-------- RECORDS FOR THE TASK

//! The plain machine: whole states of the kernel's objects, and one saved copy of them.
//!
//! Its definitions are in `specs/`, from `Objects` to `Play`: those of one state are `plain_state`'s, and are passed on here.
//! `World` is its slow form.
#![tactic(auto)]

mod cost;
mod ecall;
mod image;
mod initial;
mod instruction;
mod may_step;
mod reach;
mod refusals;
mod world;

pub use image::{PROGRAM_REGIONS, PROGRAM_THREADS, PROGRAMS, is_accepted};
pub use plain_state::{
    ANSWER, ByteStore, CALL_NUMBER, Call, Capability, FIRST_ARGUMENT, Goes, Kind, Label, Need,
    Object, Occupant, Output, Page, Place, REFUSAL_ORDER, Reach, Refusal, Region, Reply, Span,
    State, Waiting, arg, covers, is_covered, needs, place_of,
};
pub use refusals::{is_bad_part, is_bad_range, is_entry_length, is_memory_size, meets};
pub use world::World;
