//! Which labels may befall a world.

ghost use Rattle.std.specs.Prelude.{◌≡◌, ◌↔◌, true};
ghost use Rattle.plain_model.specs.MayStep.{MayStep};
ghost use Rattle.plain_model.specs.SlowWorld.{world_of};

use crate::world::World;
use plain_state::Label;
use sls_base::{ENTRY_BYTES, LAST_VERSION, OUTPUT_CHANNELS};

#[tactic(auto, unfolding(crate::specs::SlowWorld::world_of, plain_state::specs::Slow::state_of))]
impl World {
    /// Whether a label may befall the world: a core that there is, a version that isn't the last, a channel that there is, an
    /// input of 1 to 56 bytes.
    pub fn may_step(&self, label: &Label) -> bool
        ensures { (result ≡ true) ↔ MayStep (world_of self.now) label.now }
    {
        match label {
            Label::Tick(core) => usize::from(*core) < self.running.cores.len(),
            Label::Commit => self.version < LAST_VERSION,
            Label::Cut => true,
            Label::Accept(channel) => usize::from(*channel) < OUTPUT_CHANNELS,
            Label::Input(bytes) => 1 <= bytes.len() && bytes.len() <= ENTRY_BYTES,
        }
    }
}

----------------
-------- RECORDS FOR THE TASK

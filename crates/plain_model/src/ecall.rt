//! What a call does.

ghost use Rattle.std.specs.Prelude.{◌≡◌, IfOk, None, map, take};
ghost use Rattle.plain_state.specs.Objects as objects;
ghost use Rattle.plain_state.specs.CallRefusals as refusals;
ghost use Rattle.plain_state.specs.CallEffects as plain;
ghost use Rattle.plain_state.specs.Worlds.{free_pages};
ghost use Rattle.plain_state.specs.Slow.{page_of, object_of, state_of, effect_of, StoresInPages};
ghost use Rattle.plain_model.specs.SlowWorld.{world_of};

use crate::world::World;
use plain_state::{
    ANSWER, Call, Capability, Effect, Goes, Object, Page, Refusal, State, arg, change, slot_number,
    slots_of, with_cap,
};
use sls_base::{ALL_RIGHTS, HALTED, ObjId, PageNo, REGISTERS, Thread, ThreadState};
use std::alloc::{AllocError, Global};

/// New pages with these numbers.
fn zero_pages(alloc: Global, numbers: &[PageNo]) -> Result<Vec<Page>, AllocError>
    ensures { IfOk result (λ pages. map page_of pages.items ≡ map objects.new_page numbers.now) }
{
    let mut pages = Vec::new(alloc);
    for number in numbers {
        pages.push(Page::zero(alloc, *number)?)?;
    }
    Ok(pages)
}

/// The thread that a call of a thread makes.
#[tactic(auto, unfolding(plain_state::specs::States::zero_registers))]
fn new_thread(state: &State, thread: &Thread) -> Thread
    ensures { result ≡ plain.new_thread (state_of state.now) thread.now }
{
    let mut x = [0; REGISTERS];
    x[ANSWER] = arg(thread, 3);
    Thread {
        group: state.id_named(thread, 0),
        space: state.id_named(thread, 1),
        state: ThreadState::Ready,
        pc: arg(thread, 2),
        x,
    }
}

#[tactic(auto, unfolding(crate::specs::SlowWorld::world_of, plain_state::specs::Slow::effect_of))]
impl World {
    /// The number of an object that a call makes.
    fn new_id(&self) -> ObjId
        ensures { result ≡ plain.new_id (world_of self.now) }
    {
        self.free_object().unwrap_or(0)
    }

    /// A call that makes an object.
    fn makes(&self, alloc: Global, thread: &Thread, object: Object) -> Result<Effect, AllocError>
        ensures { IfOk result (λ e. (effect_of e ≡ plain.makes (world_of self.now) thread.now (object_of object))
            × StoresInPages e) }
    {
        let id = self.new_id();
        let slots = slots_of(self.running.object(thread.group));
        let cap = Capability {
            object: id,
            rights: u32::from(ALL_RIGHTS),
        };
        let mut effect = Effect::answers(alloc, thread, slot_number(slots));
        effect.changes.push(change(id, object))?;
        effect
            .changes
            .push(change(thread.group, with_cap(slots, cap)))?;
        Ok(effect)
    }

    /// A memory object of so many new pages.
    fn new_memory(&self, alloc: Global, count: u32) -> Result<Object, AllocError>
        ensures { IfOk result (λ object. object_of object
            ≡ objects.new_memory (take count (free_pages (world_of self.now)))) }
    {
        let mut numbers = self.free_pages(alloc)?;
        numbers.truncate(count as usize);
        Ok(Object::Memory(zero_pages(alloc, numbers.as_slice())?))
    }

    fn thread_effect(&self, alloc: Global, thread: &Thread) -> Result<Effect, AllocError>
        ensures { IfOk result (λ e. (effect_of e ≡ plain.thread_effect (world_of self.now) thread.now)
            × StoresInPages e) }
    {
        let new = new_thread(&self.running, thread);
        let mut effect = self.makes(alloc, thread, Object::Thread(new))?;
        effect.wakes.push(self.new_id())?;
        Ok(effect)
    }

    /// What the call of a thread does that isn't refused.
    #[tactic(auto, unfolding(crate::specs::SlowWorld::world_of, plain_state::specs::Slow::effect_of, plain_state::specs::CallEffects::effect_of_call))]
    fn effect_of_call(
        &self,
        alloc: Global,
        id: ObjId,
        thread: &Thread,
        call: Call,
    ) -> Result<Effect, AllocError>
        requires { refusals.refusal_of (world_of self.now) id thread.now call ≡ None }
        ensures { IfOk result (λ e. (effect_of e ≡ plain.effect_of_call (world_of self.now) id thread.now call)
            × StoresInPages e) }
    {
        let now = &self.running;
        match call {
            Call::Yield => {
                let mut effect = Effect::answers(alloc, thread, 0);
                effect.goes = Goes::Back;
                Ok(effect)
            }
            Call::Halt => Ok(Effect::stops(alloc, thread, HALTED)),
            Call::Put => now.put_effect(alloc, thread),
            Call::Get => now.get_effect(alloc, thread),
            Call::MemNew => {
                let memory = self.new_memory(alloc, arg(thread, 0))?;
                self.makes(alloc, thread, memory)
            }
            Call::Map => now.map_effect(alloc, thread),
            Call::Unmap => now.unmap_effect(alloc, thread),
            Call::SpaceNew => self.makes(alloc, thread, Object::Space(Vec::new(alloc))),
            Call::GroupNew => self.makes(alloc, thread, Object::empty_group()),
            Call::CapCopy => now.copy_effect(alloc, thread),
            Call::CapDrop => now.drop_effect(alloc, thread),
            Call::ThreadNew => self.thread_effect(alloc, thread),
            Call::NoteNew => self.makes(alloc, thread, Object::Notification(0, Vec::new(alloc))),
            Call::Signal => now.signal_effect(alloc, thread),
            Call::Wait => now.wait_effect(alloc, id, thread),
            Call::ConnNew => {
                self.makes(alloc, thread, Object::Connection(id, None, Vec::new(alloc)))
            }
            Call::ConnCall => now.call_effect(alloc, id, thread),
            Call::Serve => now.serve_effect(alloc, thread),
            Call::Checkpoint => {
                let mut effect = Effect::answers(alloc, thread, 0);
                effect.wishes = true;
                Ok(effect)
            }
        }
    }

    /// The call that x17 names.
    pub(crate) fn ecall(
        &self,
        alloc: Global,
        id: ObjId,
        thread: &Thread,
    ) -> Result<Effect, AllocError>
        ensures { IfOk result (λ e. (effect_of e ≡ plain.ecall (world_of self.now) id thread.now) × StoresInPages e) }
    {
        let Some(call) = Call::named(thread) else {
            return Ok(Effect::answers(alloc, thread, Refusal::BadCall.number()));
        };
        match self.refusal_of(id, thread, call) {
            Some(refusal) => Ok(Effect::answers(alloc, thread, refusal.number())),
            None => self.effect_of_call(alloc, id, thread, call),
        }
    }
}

----------------
-------- RECORDS FOR THE TASK

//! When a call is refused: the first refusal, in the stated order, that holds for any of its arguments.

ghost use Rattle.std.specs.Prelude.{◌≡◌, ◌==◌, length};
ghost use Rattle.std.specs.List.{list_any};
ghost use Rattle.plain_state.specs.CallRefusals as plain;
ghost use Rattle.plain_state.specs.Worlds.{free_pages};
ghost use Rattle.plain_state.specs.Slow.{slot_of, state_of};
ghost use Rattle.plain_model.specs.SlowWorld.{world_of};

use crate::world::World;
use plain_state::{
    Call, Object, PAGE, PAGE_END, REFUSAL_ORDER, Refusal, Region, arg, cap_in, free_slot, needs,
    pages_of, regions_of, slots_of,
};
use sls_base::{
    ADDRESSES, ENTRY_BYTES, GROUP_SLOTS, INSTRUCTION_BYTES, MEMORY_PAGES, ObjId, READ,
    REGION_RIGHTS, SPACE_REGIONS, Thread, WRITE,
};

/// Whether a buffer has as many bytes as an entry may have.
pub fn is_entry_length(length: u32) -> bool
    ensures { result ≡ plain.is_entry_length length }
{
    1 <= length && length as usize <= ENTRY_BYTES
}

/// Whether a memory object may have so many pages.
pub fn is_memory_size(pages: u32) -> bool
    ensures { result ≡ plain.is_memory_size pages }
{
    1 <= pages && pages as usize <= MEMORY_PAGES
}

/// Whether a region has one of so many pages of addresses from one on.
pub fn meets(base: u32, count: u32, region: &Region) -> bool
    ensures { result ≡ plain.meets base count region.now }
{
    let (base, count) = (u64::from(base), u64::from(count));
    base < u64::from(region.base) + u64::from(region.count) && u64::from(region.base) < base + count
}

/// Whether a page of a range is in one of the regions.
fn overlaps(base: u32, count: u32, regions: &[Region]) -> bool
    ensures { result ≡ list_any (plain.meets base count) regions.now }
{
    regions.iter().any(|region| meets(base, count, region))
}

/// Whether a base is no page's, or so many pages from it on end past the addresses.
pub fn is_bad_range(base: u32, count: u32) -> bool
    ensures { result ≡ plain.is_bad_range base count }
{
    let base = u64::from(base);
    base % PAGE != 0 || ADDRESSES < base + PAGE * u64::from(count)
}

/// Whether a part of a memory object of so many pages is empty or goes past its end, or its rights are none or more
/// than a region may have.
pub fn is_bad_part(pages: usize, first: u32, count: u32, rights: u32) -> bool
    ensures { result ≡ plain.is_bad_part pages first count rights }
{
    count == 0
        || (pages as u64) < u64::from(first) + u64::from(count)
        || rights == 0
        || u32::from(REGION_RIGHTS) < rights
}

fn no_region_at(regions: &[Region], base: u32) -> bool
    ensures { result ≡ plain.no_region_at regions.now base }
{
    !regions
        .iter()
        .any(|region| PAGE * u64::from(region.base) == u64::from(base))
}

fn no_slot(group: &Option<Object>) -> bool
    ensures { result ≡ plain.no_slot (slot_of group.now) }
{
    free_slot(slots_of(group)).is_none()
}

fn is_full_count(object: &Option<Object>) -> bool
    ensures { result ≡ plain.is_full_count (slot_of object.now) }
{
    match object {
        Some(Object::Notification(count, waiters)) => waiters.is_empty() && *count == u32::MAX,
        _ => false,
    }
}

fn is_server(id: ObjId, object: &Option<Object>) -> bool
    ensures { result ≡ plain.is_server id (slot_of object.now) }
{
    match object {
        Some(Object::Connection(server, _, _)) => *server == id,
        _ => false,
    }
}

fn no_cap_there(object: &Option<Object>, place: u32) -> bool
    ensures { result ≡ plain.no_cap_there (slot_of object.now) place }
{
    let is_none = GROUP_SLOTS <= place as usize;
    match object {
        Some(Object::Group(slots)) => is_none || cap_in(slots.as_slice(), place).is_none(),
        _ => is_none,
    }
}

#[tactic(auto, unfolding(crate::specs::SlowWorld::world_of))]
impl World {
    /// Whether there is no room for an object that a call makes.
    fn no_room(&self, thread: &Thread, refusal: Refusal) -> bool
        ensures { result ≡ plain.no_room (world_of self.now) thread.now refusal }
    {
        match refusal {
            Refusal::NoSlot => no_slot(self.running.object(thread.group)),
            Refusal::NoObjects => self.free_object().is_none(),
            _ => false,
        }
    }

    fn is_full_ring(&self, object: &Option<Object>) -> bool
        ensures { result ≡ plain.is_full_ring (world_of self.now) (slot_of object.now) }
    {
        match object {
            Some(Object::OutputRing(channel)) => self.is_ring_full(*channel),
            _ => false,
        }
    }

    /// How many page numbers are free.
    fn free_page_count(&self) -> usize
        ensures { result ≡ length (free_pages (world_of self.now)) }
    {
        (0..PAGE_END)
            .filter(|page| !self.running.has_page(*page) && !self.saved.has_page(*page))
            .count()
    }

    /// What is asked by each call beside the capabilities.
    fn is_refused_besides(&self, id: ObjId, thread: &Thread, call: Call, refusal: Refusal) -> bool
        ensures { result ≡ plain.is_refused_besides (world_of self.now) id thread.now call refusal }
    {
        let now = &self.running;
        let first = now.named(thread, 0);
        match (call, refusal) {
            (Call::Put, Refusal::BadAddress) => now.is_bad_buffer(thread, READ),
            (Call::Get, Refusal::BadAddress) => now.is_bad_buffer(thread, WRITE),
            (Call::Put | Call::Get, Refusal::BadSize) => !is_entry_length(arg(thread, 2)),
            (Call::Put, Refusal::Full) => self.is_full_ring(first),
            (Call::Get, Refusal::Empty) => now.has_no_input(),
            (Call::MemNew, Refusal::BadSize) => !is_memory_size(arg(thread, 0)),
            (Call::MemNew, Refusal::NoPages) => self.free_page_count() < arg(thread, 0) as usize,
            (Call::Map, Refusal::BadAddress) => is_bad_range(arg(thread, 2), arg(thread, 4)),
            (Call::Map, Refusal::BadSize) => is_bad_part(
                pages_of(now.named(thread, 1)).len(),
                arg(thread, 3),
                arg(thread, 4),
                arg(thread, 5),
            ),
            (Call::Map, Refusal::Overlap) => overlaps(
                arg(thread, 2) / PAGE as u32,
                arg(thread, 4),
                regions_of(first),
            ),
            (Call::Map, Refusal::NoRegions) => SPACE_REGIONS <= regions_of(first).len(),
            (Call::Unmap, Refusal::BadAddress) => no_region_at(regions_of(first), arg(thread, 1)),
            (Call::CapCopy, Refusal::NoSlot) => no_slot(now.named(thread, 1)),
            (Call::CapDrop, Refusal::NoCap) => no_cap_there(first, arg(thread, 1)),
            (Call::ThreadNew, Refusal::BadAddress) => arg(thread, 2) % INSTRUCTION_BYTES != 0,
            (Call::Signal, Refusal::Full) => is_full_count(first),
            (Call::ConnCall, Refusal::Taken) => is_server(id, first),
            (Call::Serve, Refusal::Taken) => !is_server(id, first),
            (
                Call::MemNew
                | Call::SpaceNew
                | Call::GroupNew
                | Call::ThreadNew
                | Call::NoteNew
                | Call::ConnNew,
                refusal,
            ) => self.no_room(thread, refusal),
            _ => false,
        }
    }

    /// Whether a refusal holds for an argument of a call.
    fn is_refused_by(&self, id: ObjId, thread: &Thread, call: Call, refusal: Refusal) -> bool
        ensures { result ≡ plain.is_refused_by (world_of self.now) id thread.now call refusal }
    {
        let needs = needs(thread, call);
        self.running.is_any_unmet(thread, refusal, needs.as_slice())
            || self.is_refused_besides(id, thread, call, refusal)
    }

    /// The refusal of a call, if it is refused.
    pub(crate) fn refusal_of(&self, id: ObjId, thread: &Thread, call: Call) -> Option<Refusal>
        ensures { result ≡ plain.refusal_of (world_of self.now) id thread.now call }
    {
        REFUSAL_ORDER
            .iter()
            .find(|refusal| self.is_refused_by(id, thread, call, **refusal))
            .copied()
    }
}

----------------

The lines above starting at the one that contains "let is_none = GROUP_SLOTS" and ending at the one that contains "(0..PAGE_END)" must be transcribed exactly, and no other lines may appear.

    let is_none = GROUP_SLOTS <= place as usize;
    match object {
        Some(Object::Group(slots)) => is_none || cap_in(slots.as_slice(), place).is_none(),
        _ => is_none,
    }
}

#[tactic(auto, unfolding(crate::specs::SlowWorld::world_of))]
impl World {
    /// Whether there is no room for an object that a call makes.
    fn no_room(&self, thread: &Thread, refusal: Refusal) -> bool
        ensures { result ≡ plain.no_room (world_of self.now) thread.now refusal }
    {
        match refusal {
            Refusal::NoSlot => no_slot(self.running.object(thread.group)),
            Refusal::NoObjects => self.free_object().is_none(),
            _ => false,
        }
    }

    fn is_full_ring(&self, object: &Option<Object>) -> bool
        ensures { result ≡ plain.is_full_ring (world_of self.now) (slot_of object.now) }
    {
        match object {
            Some(Object::OutputRing(channel)) => self.is_ring_full(*channel),
            _ => false,
        }
    }

    /// How many page numbers are free.
    fn free_page_count(&self) -> usize
        ensures { result ≡ length (free_pages (world_of self.now)) }
    {
        (0..PAGE_END)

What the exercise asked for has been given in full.